• Supplied data

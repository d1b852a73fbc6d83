//! How far a trace has come, and which line may follow.
ghost use Rattle.std.specs.Prelude.{◌≡◌};
ghost use Rattle.hk_chart.specs.Progress.{begins_ticks, goes_on, fits, turn_of, stage_after_tick, after_tick, is_of_turn, after_out, after_fault, after_ended, after_done, after_high, after_low, after_cycles, after_live, after_line, is_over, opening};

use crate::task::MAX_TASKS;
use crate::trace_line::{TraceLine, Who};

/// The most ticks of a run.
pub const MAX_TICKS: u32 = 16_777_216;

/// What the last line was.
#[derive(Clone, Copy, Debug, PartialEq, Eq)]
pub enum Stage {
    /// There was none.
    Start,
    /// The analysis of the heap, or a high task.
    Highs,
    /// A low task.
    Lows,
    /// Who got a tick.
    Tick,
    /// What a job put out.
    Out,
    /// The fault of a job.
    Fault,
    /// The end of a job.
    Ended,
    /// The tick at which the run stands still.
    Standing,
    /// What the jobs of a task came to.
    Closing,
    /// The counts of the collector.
    Counted,
    /// The last one.
    Over,
}

/// How far a trace has come.
#[derive(Clone, Copy, Debug)]
pub struct Progress {
    pub stage: Stage,
    /// The high tasks, and all tasks.
    pub high: u8,
    pub tasks: u8,
    /// The tasks whose jobs were counted.
    pub done: u8,
    /// The ticks.
    pub ticks: u32,
    /// The task that had the last tick, by its place.
    pub turn: Option<u8>,
    /// The events that are owed at most, the ticks of the collector and those of nobody, as the trace gives them.
    pub debt: u64,
    pub collector: u64,
    pub idle: u64,
}

impl Stage {
    /// Whether the line of a tick may follow.
    fn begins_ticks(self) -> bool
        ensures { result ≡ begins_ticks self }
    {
        match self {
            Stage::Highs | Stage::Lows | Stage::Tick | Stage::Out | Stage::Ended => true,
            Stage::Start
            | Stage::Fault
            | Stage::Standing
            | Stage::Closing
            | Stage::Counted
            | Stage::Over => false,
        }
    }

    /// Whether the last lines may follow, or go on.
    fn goes_on(self) -> bool
        ensures { result ≡ goes_on self }
    {
        match self {
            Stage::Tick | Stage::Out | Stage::Ended | Stage::Closing => true,
            Stage::Start
            | Stage::Highs
            | Stage::Lows
            | Stage::Fault
            | Stage::Standing
            | Stage::Counted
            | Stage::Over => false,
        }
    }
}

/// Whether a task is of its kind, by its place.
fn fits(high: u8, who: Who) -> bool
    ensures { result ≡ fits high who }
{
    match who {
        Who::High(lane) => lane < high,
        Who::Low(lane) => lane >= high,
        Who::Step | Who::Flip | Who::Lost(_) | Who::Live | Who::Idle => true,
    }
}

/// The task that has a tick.
fn turn_of(who: Who) -> Option<u8>
    ensures { result ≡ turn_of who }
{
    match who {
        Who::High(lane) | Who::Low(lane) => Some(lane),
        Who::Step | Who::Flip | Who::Lost(_) | Who::Live | Who::Idle => None,
    }
}

/// What the line of a tick is.
fn stage_after_tick(who: Who) -> Stage
    ensures { result ≡ stage_after_tick who }
{
    match who {
        Who::Live => Stage::Standing,
        Who::High(_) | Who::Low(_) | Who::Step | Who::Flip | Who::Lost(_) | Who::Idle => {
            Stage::Tick
        }
    }
}

impl Progress {
    /// No line was read.
    pub fn opening() -> Progress
        ensures { result ≡ opening }
    {
        Progress {
            stage: Stage::Start,
            high: 0,
            tasks: 0,
            done: 0,
            ticks: 0,
            turn: None,
            debt: 0,
            collector: 0,
            idle: 0,
        }
    }

    /// Whether the last line was read.
    pub fn is_over(self) -> bool
        ensures { result ≡ is_over self.stage }
    {
        match self.stage {
            Stage::Over => true,
            Stage::Start
            | Stage::Highs
            | Stage::Lows
            | Stage::Tick
            | Stage::Out
            | Stage::Fault
            | Stage::Ended
            | Stage::Standing
            | Stage::Closing
            | Stage::Counted => false,
        }
    }

    /// After a high task.
    #[tactic(auto, unfolding(crate::specs::Progress::after_high))]
    fn after_high(self) -> Option<Progress>
        ensures { result ≡ after_high self }
    {
        if self.stage == Stage::Highs && self.tasks < MAX_TASKS {
            Some(Progress {
                high: self.tasks + 1,
                tasks: self.tasks + 1,
                ..self
            })
        } else {
            None
        }
    }

    /// After a low task.
    #[tactic(auto, unfolding(crate::specs::Progress::after_low))]
    fn after_low(self) -> Option<Progress>
        ensures { result ≡ after_low self }
    {
        if (self.stage == Stage::Highs || self.stage == Stage::Lows) && self.tasks < MAX_TASKS {
            Some(Progress {
                stage: Stage::Lows,
                tasks: self.tasks + 1,
                ..self
            })
        } else {
            None
        }
    }

    /// After a tick.
    #[tactic(auto, unfolding(crate::specs::Progress::after_tick))]
    fn after_tick(self, tick: u32, who: Who) -> Option<Progress>
        ensures { result ≡ after_tick self tick who }
    {
        if self.stage.begins_ticks()
            && tick == self.ticks
            && tick < MAX_TICKS
            && fits(self.high, who)
        {
            Some(Progress {
                stage: stage_after_tick(who),
                ticks: tick + 1,
                turn: turn_of(who),
                ..self
            })
        } else {
            None
        }
    }

    /// Whether a task had the last tick, which is this one.
    fn is_of_turn(self, tick: u32, lane: u8) -> bool
        ensures { result ≡ is_of_turn self tick lane }
    {
        match self.turn {
            Some(turn) => turn == lane && u64::from(self.ticks) == u64::from(tick) + 1,
            None => false,
        }
    }

    /// After what a job put out.
    #[tactic(auto, unfolding(crate::specs::Progress::after_out))]
    fn after_out(self, tick: u32, lane: u8) -> Option<Progress>
        ensures { result ≡ after_out self tick lane }
    {
        if self.stage == Stage::Tick && self.is_of_turn(tick, lane) {
            Some(Progress {
                stage: Stage::Out,
                ..self
            })
        } else {
            None
        }
    }

    /// After the fault of a job.
    #[tactic(auto, unfolding(crate::specs::Progress::after_fault))]
    fn after_fault(self, tick: u32, lane: u8) -> Option<Progress>
        ensures { result ≡ after_fault self tick lane }
    {
        if (self.stage == Stage::Tick || self.stage == Stage::Out) && self.is_of_turn(tick, lane) {
            Some(Progress {
                stage: Stage::Fault,
                ..self
            })
        } else {
            None
        }
    }

    /// After the end of a job.
    #[tactic(auto, unfolding(crate::specs::Progress::after_ended))]
    fn after_ended(self, tick: u32, lane: u8, ticks: u32) -> Option<Progress>
        ensures { result ≡ after_ended self tick lane ticks }
    {
        if (self.stage == Stage::Tick || self.stage == Stage::Out || self.stage == Stage::Fault)
            && self.is_of_turn(tick, lane)
            && 0 < ticks
            && ticks <= self.ticks
        {
            Some(Progress {
                stage: Stage::Ended,
                ..self
            })
        } else {
            None
        }
    }

    /// After what the jobs of a task came to.
    #[tactic(auto, unfolding(crate::specs::Progress::after_done))]
    fn after_done(self, lane: u8) -> Option<Progress>
        ensures { result ≡ after_done self lane }
    {
        if self.stage.goes_on() && lane == self.done && lane < self.tasks {
            Some(Progress {
                stage: Stage::Closing,
                done: lane + 1,
                ..self
            })
        } else {
            None
        }
    }

    /// After the counts of the collector.
    #[tactic(auto, unfolding(crate::specs::Progress::after_cycles))]
    fn after_cycles(self, collector: u64, idle: u64) -> Option<Progress>
        ensures { result ≡ after_cycles self collector idle }
    {
        if self.stage.goes_on() && self.done == self.tasks {
            Some(Progress {
                stage: Stage::Counted,
                collector,
                idle,
                ..self
            })
        } else {
            None
        }
    }

    /// After the line of the tick at which the run stands still.
    #[tactic(auto, unfolding(crate::specs::Progress::after_live))]
    fn after_live(self, tick: u32) -> Option<Progress>
        ensures { result ≡ after_live self tick }
    {
        if self.stage == Stage::Standing && u64::from(self.ticks) == u64::from(tick) + 1 {
            Some(Progress {
                stage: Stage::Over,
                ..self
            })
        } else {
            None
        }
    }

    /// How far the trace has come after one more line, where it may follow.
    #[tactic(auto, unfolding(crate::specs::Progress::after_line))]
    pub fn after_line(self, line: TraceLine) -> Option<Progress>
        ensures { result ≡ after_line self line }
    {
        match line {
            TraceLine::Heap { debt } => {
                if self.stage == Stage::Start {
                    Some(Progress {
                        stage: Stage::Highs,
                        debt,
                        ..self
                    })
                } else {
                    None
                }
            }
            TraceLine::High { .. } => self.after_high(),
            TraceLine::Low => self.after_low(),
            TraceLine::Tick { tick, who } => self.after_tick(tick, who),
            TraceLine::Out { tick, lane, .. } => self.after_out(tick, lane),
            TraceLine::Fault { tick, lane, .. } => self.after_fault(tick, lane),
            TraceLine::Ended {
                tick,
                lane,
                ticks,
                ..
            } => self.after_ended(tick, lane, ticks),
            TraceLine::Done { lane } => self.after_done(lane),
            TraceLine::Cycles { collector, idle } => self.after_cycles(collector, idle),
            TraceLine::End { ticks } => {
                if self.stage == Stage::Counted && ticks == self.ticks {
                    Some(Progress {
                        stage: Stage::Over,
                        ..self
                    })
                } else {
                    None
                }
            }
            TraceLine::Live { tick } => self.after_live(tick),
        }
    }
}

• Problem requirements
Look through the listing, and copy each line in which the string "counts" turns up.

• Output of the task
    /// The counts of the collector.
    /// After the counts of the collector.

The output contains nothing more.